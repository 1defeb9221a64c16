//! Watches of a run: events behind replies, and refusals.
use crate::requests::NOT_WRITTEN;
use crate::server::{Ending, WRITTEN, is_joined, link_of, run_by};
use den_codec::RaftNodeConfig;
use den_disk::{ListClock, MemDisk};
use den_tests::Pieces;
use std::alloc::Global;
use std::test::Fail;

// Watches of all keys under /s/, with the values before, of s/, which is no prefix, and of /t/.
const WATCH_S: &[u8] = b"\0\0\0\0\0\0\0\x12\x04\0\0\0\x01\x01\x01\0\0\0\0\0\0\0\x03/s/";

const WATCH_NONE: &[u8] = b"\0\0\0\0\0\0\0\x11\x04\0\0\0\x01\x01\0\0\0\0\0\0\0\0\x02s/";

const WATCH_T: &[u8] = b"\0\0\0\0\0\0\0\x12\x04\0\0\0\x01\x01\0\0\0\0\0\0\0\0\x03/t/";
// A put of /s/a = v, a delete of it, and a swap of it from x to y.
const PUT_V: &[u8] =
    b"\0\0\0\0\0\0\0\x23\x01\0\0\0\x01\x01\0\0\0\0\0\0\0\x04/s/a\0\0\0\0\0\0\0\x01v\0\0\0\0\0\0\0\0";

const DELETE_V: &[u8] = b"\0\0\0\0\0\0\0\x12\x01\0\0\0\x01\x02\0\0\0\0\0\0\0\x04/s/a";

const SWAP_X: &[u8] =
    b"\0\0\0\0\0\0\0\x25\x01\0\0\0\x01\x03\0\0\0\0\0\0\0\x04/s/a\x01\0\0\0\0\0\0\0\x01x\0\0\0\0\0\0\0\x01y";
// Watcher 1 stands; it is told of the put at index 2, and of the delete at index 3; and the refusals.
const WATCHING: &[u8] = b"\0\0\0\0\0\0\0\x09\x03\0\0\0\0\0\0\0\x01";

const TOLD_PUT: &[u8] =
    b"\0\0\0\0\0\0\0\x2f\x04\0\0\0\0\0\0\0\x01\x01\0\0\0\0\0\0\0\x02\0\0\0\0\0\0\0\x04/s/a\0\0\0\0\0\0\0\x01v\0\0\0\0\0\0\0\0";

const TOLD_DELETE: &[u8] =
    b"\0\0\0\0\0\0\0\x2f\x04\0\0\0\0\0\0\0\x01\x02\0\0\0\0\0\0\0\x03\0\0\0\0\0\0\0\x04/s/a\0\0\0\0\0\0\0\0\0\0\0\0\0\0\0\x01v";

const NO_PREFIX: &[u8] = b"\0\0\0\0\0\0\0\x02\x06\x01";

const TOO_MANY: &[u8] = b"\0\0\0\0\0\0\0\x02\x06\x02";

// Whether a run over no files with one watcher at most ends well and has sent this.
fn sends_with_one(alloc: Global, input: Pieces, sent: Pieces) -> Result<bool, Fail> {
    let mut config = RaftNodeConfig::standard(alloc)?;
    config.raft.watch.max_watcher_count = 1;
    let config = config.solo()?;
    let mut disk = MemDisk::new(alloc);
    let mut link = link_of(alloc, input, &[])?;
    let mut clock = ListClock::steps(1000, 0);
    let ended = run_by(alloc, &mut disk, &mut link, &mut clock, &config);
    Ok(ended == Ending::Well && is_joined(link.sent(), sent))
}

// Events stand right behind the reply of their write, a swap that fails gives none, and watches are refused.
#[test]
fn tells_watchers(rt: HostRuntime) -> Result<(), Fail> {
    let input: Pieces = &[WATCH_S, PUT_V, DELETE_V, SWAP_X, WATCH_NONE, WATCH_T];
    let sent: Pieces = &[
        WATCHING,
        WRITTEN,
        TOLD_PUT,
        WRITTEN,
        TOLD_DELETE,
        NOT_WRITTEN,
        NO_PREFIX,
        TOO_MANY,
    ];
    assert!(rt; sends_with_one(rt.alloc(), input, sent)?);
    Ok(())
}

» What the task requires:
Going through the lines above one by one, tally those with the word "ListClock" and give only the total.

» Response to this exercise:
2